§ **SUPPLIED INFORMATION**
# # # # # # #

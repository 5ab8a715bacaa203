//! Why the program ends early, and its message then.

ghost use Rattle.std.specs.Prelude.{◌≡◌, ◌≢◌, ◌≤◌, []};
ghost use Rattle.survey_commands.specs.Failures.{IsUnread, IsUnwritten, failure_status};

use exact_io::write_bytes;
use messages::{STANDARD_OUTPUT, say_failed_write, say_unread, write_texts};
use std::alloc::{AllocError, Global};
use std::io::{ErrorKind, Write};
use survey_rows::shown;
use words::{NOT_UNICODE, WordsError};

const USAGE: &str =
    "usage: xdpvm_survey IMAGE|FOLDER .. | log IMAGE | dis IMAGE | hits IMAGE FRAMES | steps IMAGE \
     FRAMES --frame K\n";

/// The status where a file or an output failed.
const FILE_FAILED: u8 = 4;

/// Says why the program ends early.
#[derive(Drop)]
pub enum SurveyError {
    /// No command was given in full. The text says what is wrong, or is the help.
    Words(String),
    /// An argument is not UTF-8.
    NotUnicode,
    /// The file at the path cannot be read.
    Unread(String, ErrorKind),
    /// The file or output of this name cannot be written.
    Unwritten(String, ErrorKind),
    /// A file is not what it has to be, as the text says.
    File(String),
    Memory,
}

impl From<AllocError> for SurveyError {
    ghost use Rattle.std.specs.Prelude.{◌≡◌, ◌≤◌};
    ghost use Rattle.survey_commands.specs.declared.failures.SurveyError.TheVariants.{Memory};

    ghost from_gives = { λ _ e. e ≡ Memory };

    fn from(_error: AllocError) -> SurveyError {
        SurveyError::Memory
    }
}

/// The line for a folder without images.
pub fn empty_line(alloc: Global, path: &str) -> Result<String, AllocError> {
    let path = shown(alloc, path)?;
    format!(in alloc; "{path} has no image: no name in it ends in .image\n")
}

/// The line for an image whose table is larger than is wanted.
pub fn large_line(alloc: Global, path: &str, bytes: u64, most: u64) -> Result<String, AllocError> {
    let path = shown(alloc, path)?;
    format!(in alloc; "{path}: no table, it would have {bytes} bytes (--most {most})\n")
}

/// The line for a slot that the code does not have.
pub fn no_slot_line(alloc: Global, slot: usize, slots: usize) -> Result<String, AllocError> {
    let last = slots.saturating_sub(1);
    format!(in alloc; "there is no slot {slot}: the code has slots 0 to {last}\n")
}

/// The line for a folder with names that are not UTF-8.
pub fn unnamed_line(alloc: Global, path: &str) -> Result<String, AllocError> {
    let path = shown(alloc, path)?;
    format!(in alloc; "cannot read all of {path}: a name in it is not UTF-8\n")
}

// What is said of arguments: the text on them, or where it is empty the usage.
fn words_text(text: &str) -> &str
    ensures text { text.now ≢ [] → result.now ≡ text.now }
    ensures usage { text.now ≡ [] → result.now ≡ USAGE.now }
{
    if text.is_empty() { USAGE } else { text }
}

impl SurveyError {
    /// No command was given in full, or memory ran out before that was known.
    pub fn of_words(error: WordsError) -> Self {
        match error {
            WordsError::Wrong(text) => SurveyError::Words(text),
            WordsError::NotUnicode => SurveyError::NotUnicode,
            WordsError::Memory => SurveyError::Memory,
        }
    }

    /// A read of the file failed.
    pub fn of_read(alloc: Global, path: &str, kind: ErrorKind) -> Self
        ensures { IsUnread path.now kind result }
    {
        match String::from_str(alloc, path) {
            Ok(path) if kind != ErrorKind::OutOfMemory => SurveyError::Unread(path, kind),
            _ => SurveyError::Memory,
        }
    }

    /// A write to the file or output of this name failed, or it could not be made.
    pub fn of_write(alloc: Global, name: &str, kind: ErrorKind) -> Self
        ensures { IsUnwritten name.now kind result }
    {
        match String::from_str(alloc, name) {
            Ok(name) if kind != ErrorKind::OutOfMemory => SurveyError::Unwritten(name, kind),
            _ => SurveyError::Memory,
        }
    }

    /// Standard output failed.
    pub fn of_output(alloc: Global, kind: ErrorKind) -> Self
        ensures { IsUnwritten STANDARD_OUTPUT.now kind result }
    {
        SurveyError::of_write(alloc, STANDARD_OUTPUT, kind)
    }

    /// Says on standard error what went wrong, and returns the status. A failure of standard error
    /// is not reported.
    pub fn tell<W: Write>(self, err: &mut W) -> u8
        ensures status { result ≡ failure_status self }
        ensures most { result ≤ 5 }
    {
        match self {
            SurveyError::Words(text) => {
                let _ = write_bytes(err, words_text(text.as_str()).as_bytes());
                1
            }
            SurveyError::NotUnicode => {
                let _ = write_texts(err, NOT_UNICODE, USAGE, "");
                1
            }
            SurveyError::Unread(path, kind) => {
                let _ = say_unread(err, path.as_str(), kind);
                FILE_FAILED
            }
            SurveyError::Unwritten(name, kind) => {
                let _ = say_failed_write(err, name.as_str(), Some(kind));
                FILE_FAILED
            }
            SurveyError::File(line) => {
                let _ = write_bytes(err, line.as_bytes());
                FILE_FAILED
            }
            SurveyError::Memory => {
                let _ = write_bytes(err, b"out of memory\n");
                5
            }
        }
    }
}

# # # # # # #

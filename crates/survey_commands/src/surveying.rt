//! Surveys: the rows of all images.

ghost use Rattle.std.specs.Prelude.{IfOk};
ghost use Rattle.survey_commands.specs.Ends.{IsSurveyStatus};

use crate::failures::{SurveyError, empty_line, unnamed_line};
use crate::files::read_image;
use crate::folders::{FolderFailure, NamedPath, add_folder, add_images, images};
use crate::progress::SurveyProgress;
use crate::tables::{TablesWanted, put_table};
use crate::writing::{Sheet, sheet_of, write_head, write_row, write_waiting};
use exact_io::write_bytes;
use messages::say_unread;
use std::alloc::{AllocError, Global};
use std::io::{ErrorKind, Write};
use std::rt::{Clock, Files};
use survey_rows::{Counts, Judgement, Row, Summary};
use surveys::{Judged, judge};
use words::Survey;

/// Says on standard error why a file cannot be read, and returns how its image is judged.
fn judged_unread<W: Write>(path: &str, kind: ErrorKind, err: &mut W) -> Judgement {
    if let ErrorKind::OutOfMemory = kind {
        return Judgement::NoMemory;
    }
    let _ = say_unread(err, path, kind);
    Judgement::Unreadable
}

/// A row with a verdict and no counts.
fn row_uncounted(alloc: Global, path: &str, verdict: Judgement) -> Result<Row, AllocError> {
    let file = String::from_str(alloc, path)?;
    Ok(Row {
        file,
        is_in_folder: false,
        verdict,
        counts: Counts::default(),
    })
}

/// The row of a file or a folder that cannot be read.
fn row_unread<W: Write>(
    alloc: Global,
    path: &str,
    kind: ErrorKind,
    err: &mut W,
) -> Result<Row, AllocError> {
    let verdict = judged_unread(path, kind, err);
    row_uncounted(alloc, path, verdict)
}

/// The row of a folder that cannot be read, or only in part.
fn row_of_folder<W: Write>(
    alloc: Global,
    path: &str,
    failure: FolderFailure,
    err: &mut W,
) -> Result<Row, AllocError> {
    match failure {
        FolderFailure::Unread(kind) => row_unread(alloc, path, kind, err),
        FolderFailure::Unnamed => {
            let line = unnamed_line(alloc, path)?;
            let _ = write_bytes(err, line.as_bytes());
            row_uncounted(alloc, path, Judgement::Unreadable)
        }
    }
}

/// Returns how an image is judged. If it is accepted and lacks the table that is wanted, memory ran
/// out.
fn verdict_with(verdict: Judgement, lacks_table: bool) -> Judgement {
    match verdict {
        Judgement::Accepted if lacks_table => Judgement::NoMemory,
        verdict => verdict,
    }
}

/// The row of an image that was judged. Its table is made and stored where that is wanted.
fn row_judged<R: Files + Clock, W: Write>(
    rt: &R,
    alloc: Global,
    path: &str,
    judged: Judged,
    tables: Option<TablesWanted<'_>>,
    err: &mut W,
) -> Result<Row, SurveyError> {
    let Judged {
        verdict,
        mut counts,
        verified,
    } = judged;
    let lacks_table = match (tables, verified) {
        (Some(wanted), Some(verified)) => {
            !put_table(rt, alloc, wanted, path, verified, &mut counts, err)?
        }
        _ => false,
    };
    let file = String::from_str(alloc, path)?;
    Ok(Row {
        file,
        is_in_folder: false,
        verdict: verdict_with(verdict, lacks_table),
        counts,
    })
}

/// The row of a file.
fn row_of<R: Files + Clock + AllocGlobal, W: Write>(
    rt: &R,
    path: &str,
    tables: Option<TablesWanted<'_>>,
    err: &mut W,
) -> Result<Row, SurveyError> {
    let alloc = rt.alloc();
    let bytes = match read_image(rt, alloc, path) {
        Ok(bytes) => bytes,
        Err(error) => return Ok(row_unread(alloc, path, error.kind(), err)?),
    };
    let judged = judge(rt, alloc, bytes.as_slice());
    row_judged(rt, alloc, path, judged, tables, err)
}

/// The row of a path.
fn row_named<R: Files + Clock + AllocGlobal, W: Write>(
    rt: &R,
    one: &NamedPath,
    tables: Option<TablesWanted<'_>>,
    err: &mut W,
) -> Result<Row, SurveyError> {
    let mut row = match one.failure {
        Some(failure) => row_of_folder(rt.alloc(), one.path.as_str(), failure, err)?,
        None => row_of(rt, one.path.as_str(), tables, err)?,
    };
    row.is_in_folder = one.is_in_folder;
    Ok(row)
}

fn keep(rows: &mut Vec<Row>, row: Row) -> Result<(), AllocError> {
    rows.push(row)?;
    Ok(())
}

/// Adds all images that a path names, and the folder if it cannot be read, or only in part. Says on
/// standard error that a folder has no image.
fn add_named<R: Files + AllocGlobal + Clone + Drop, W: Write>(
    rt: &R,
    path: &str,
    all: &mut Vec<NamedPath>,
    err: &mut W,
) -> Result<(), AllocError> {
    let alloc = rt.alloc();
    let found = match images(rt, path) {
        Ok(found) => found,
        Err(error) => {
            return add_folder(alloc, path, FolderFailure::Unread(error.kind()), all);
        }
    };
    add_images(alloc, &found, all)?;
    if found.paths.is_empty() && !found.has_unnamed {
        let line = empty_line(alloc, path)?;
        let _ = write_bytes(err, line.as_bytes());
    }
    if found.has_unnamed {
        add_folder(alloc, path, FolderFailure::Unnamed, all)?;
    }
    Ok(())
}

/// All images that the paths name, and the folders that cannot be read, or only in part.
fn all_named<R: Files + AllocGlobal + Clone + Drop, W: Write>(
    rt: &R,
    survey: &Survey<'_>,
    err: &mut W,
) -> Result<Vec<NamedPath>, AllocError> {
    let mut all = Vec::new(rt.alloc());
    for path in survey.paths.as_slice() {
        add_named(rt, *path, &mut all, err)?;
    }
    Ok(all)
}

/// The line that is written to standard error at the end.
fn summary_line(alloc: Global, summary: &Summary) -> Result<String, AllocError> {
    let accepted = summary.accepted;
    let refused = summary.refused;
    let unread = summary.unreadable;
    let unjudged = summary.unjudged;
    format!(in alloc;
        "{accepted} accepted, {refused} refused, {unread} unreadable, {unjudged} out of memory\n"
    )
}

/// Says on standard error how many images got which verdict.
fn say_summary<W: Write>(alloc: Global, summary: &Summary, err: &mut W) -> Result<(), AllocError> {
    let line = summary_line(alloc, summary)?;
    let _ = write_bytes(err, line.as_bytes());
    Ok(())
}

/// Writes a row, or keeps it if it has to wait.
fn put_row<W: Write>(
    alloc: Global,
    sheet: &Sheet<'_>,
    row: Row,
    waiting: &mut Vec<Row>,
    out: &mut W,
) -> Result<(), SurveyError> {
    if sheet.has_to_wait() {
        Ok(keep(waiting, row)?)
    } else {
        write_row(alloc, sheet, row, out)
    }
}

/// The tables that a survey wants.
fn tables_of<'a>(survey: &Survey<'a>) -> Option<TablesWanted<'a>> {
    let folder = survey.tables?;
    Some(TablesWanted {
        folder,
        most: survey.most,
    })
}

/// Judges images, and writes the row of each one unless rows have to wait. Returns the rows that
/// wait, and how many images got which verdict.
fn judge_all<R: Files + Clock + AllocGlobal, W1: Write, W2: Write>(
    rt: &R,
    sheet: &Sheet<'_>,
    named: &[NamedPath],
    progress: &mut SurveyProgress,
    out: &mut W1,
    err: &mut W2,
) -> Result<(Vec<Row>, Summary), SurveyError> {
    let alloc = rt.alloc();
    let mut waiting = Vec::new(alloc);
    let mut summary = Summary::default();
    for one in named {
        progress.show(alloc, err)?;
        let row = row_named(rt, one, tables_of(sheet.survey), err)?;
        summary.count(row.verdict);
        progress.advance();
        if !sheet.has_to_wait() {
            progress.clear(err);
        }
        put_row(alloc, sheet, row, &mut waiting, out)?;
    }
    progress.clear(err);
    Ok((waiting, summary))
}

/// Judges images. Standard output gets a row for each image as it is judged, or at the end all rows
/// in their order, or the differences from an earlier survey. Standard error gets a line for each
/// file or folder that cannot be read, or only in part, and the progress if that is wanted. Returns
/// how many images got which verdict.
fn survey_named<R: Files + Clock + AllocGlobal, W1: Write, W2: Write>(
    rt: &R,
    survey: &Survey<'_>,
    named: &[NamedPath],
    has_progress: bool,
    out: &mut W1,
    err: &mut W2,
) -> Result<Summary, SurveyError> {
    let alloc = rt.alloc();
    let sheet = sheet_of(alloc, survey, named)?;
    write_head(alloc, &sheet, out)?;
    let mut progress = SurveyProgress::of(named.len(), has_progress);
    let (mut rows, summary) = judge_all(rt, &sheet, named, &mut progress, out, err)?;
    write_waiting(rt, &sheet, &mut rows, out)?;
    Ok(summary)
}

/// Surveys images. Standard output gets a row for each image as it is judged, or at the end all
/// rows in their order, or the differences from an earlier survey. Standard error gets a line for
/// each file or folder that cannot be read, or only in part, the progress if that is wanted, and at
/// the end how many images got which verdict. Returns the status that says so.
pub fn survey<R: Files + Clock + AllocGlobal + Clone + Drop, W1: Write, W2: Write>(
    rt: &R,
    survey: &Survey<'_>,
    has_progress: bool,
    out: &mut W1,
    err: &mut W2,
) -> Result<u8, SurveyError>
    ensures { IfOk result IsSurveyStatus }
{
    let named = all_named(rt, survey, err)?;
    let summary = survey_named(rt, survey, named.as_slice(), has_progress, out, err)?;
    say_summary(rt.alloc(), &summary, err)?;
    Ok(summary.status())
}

# # # # # # #

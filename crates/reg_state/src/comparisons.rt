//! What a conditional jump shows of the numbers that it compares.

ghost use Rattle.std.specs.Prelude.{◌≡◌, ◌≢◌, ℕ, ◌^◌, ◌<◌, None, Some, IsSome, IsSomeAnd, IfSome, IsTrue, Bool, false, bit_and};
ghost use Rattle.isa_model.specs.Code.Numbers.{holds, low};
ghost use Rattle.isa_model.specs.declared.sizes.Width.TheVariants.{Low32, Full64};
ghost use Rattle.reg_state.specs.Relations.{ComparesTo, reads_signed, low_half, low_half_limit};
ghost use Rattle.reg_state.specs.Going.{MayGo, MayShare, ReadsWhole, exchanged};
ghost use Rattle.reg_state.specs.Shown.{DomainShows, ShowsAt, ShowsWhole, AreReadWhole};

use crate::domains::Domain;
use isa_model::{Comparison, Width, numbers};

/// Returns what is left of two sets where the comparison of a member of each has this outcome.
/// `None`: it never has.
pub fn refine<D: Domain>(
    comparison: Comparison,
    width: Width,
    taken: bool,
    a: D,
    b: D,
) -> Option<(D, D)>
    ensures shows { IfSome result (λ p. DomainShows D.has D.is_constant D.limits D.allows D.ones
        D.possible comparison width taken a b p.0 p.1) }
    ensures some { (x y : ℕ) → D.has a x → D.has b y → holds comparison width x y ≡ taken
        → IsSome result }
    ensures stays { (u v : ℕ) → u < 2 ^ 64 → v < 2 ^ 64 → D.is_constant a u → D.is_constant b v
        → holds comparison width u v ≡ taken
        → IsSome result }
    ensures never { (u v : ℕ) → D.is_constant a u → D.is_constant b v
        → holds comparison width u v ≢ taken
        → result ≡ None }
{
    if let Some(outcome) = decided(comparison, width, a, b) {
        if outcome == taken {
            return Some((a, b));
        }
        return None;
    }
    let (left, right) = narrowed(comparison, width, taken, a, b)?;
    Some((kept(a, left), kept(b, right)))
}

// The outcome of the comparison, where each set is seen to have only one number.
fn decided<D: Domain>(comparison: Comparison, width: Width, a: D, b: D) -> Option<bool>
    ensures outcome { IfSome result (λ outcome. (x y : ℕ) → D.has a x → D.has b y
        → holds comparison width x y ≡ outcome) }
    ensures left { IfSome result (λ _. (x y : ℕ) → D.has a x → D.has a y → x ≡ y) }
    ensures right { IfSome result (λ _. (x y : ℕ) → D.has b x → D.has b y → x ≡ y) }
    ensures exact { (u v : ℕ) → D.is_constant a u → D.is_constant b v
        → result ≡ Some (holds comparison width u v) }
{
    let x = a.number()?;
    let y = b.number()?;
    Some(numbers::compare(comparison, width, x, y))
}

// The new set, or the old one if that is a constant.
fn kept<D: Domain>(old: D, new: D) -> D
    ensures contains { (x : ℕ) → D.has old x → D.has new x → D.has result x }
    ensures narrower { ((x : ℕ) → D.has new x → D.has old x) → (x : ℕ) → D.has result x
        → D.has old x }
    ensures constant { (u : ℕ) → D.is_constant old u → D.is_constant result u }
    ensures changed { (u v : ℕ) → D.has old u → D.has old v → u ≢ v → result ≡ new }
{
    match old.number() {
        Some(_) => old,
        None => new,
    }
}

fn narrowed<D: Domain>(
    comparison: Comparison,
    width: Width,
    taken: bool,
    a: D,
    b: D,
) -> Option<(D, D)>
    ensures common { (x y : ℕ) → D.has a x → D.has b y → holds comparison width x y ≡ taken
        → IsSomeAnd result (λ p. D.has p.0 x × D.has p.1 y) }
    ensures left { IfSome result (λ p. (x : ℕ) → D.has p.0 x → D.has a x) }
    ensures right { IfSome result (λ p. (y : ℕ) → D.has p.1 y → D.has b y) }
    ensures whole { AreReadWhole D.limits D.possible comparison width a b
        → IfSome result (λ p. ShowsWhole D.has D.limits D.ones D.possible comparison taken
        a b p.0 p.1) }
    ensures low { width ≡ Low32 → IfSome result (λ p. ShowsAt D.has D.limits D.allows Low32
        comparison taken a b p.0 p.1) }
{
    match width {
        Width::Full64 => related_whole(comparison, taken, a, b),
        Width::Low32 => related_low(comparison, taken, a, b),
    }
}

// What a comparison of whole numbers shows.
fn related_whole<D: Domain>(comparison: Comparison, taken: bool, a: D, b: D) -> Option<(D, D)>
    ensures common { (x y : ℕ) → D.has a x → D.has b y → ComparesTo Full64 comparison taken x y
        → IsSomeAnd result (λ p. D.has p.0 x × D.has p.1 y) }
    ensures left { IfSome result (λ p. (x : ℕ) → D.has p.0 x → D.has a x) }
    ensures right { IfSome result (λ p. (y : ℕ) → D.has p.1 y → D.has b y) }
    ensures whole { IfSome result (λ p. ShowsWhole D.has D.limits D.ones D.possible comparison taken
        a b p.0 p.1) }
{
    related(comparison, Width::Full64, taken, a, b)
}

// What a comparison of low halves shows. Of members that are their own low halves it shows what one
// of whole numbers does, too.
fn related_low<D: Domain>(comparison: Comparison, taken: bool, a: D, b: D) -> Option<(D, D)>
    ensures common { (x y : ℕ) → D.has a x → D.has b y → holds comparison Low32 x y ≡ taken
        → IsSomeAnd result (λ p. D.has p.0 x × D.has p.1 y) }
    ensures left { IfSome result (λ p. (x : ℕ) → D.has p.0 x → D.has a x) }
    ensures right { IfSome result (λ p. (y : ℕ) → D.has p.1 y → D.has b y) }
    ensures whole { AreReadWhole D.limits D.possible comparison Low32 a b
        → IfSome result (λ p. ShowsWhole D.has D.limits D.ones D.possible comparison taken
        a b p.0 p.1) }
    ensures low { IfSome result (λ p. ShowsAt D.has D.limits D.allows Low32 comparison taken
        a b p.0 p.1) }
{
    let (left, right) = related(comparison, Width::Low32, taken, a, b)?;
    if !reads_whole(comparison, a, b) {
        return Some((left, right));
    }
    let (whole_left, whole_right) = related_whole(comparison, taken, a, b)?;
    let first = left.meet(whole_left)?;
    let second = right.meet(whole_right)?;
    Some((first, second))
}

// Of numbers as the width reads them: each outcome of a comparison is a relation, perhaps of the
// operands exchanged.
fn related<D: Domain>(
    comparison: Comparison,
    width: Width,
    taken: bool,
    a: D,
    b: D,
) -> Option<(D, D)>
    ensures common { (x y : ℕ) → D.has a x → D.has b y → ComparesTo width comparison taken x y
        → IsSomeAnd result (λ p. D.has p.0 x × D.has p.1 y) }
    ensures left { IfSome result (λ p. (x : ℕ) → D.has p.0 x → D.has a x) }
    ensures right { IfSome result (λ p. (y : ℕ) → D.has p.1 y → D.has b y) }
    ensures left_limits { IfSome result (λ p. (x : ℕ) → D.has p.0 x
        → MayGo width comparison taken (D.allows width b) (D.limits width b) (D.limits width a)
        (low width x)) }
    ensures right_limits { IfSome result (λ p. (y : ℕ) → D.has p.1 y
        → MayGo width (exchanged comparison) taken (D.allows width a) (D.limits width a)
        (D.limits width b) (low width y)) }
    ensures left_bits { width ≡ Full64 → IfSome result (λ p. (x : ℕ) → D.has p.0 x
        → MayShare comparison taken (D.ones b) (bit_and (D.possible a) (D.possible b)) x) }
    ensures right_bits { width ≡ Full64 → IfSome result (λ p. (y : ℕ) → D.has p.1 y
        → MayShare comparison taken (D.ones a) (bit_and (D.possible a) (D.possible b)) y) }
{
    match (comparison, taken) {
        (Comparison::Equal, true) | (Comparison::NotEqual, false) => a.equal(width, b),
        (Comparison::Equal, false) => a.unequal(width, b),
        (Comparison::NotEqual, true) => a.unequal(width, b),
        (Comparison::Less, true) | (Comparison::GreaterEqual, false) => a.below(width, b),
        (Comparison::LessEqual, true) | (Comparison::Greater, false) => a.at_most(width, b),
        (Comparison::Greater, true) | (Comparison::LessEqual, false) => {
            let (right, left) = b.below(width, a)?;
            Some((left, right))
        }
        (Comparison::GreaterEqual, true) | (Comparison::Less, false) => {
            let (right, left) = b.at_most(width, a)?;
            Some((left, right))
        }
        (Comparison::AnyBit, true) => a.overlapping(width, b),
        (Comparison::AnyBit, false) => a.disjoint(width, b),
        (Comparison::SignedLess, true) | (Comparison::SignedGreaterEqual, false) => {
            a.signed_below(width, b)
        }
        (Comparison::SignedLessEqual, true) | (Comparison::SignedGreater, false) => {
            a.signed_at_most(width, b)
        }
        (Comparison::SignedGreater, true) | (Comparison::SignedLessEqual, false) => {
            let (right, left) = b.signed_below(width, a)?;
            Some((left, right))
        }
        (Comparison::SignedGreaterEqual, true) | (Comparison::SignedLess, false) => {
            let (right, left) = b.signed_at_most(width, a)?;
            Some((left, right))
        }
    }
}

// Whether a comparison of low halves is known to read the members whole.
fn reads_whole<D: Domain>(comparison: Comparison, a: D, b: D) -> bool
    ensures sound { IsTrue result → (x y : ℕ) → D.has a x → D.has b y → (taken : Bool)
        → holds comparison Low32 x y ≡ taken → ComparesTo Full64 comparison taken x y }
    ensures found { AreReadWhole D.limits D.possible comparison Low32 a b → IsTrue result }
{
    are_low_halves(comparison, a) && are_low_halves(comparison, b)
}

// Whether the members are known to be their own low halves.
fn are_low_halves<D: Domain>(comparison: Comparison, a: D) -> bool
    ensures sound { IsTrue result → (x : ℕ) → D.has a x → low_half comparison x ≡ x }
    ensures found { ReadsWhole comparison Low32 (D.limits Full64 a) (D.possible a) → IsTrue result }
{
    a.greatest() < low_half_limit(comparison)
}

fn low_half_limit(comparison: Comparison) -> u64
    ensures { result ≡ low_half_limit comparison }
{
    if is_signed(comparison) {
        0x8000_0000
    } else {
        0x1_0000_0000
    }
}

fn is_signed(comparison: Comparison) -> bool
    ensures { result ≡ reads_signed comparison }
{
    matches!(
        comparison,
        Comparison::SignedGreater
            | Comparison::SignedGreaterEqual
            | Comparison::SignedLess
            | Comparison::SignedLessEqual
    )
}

# # # # # # #

§ **WHAT YOU HAVE TO DO**
As the answer, set down only the lines from the data above between the one holding "let line = empty_line(alloc, path)?;" and the one holding "let unread = summary.unreadable;", inclusive, exactly as they read.

§ **ANSWER SPACE**
        let line = empty_line(alloc, path)?;
        let _ = write_bytes(err, line.as_bytes());
    }
    if found.has_unnamed {
        add_folder(alloc, path, FolderFailure::Unnamed, all)?;
    }
    Ok(())
}

/// All images that the paths name, and the folders that cannot be read, or only in part.
fn all_named<R: Files + AllocGlobal + Clone + Drop, W: Write>(
    rt: &R,
    survey: &Survey<'_>,
    err: &mut W,
) -> Result<Vec<NamedPath>, AllocError> {
    let mut all = Vec::new(rt.alloc());
    for path in survey.paths.as_slice() {
        add_named(rt, *path, &mut all, err)?;
    }
    Ok(all)
}

/// The line that is written to standard error at the end.
fn summary_line(alloc: Global, summary: &Summary) -> Result<String, AllocError> {
    let accepted = summary.accepted;
    let refused = summary.refused;
    let unread = summary.unreadable;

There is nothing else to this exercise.